Вдвоем они подходят к Кате, спрашивают что-то. А я спешу следом, потому что каменный братец сейчас и «жену» мою запугает до чертиков, знаю я его. Кто потом с Машей сидеть будет?
В какой-то момент педиатр подзывает медсестру, чтобы та забрала ребенка. Катя медлит, не выпускает дочь из рук, а вместо этого вопросительно смотрит на меня. Быстро киваю ей, мол, все в порядке. И после этого, к моему удивлению, она передает Машу врачам.
Не доверяла же мне, ненавидела! Когда все успело измениться? Или это временное помутнение рассудка?
Когда медперсонал удаляется вместе с нашей Машей, сажусь рядом с Катей, но к ней даже не прикасаюсь. Наоборот, сцепив руки в замок, смотрю прямо перед собой.

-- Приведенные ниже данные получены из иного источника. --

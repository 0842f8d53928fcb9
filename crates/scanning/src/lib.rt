// The passes over a Matrix Market text that read it from front to end: up to the size line, and behind it.
#![tactic(auto)]

ghost use Rattle.std.specs.Prelude.{◌≡◌, ◌*◌, ◌≤◌, leb};
ghost use Rattle.market.specs.Market.{inside, right_size};
ghost use Rattle.scanning.specs.Said.{ReadsHead, Place, Scans};
ghost use Rattle.scanning.specs.Inner.{FindsSize, is_before, Few, WithEntry, Stopped};

use lines::Kind;

// Rows, entries, and the place and the number of the line behind the size line.
#[derive(Drop)]
pub struct HeadRead {
    pub n: u64,
    pub m: u64,
    pub at: usize,
    pub line: u64,
}

// Whether all is right but for repeats, the line at fault or the one behind the last, the entries before it and those of them off the
// diagonal, and whether they stand in strictly rising order, by row and column or by column and row. A flag and no Result: of a text that is
// wrong all of it is told too (`Scans`), and the line serves either way, as the one up to which repeats are looked for.
#[derive(Drop)]
pub struct Scanned {
    pub is_right: bool,
    pub line: u64,
    pub entries: usize,
    pub doubles: usize,
    pub rising: bool,
}

// Whether entries is at most p x q; q is at least 1. No product is made.
fn fits(entries: u64, p: u64, q: u64) -> bool
    requires { 1 ≤ q }
    ensures { result ≡ leb entries (p * q) }
{
    let whole = entries / q;
    if whole < p {
        return true;
    }
    whole == p && entries % q == 0
}

// As many rows as columns, and no more entries than the lower triangle holds: n (n + 1) / 2 as a product of two whole numbers, by which
// the entries are divided, so that nothing overflows.
fn right_size(rows: u64, columns: u64, entries: u64) -> bool
    ensures { result ≡ right_size rows columns entries }
{
    if rows != columns {
        return false;
    }
    let half = rows / 2;
    if rows % 2 == 0 {
        return fits(entries, half, rows + 1);
    }
    fits(entries, rows, half + 1)
}

// From line 2, which begins at `from`, up to the size line; or the line at fault.
fn size_from(text: &[u8], from: usize) -> Result<HeadRead, u64>
    requires { Place text.now from 2 }
    ensures { FindsSize text.now from result }
{
    let mut at = from;
    let mut line = 2;
    while at < text.len() {
        let read = lines::read_line(text, at);
        match read.kind {
            Kind::Blank | Kind::Comment => {
                at = read.next;
                line += 1;
            }
            Kind::Size(r, c, m) => {
                if !right_size(r, c, m) {
                    return Err(line);
                }
                return Ok(HeadRead {
                    n: r,
                    m,
                    at: read.next,
                    line: line + 1,
                });
            }
            Kind::Entry(_, _) | Kind::Other => return Err(line),
        }
    }
    Err(line)
}

// Up to the size line; or the line at fault.
pub fn read_head(text: &[u8]) -> Result<HeadRead, u64>
    ensures { ReadsHead text.now result }
{
    let banner = lines::read_banner(text);
    if banner.is_right {
        return size_from(text, banner.next);
    }
    Err(1)
}

// The entries so far: how many, how many of them off the diagonal, the last one (0 and 0 before the first, which is greater, as rows and
// columns count from 1), and whether they rise by row and column, and by column and row.
#[derive(Drop)]
struct Passed {
    entries: usize,
    doubles: usize,
    row: u64,
    column: u64,
    by_rows: bool,
    by_columns: bool,
}

// Whether the pair (a, b) comes before (c, d).
fn is_before(a: u64, b: u64, c: u64, d: u64) -> bool
    ensures { result ≡ is_before a b c d }
{
    (a, b) < (c, d)
}

// Whether one more entry of the m is to come, and this one is in the lower triangle of n rows.
#[tactic(auto, using(std::proofs::lemmas::Bool::Decides::nat_tests), unfolding(market::specs::Market::inside))]
fn is_inside(n: u64, m: u64, entries: usize, r: u64, c: u64) -> bool
    ensures { result ≡ inside n m entries r c }
{
    (entries as u64) < m && 1 <= c && c <= r && r <= n
}

// The entries with one more.
fn with_entry(passed: Passed, r: u64, c: u64) -> Passed
    requires { Few passed }
    ensures { WithEntry passed r c result }
{
    let a = passed.row;
    let b = passed.column;
    let doubles = if r != c {
        passed.doubles + 1
    } else {
        passed.doubles
    };
    Passed {
        entries: passed.entries + 1,
        doubles,
        row: r,
        column: c,
        by_rows: passed.by_rows & is_before(a, b, r, c),
        by_columns: passed.by_columns & is_before(b, a, c, r),
    }
}

// What is told at a stop.
fn stopped(passed: Passed, is_right: bool, line: u64) -> Scanned
    ensures { Stopped passed is_right line result }
{
    Scanned {
        is_right,
        line,
        entries: passed.entries,
        doubles: passed.doubles,
        rising: passed.by_rows | passed.by_columns,
    }
}

// Behind the size line: up to the text's end, or to the first line that is at fault by itself.
pub fn scan(text: &[u8], from: usize, first: u64, n: u64, m: u64) -> Scanned
    requires { Place text.now from first }
    ensures { Scans text.now from first n m result }
{
    let mut at = from;
    let mut line = first;
    let mut passed = Passed {
        entries: 0,
        doubles: 0,
        row: 0,
        column: 0,
        by_rows: true,
        by_columns: true,
    };
    while at < text.len() {
        let read = lines::read_line(text, at);
        match read.kind {
            Kind::Blank => {
                at = read.next;
                line += 1;
            }
            Kind::Entry(r, c) => {
                let entries = passed.entries;
                if !is_inside(n, m, entries, r, c) {
                    return stopped(passed, false, line);
                }
                passed = with_entry(passed, r, c);
                at = read.next;
                line += 1;
            }
            Kind::Comment | Kind::Size(_, _, _) | Kind::Other => {
                return stopped(passed, false, line);
            }
        }
    }
    let is_right = passed.entries as u64 == m;
    stopped(passed, is_right, line)
}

– Винишь меня, наверное, – озвучиваю неприятные мысли, потому что сам себя виню. – Маша ведь после нашего похода в японский ресторан заболела…
– Нет, Дим, ее вчера стошнило до того, как мы переступили его порог. Маше уже было плохо, – всхлипывает, балансируя на грани истерики. – Это я виновата. Надо было сразу обратить внимание, отреагировать. Такую ответственность на себя взяла. И не справилась, – хнычет, прикрывая лицо ладонями.
Не совсем понимаю, о чем она говорит. К тому же, ее слезы дезориентируют. Обнимаю Катю за плечи, целую в висок – и опять прибегаю к запрещенному приему.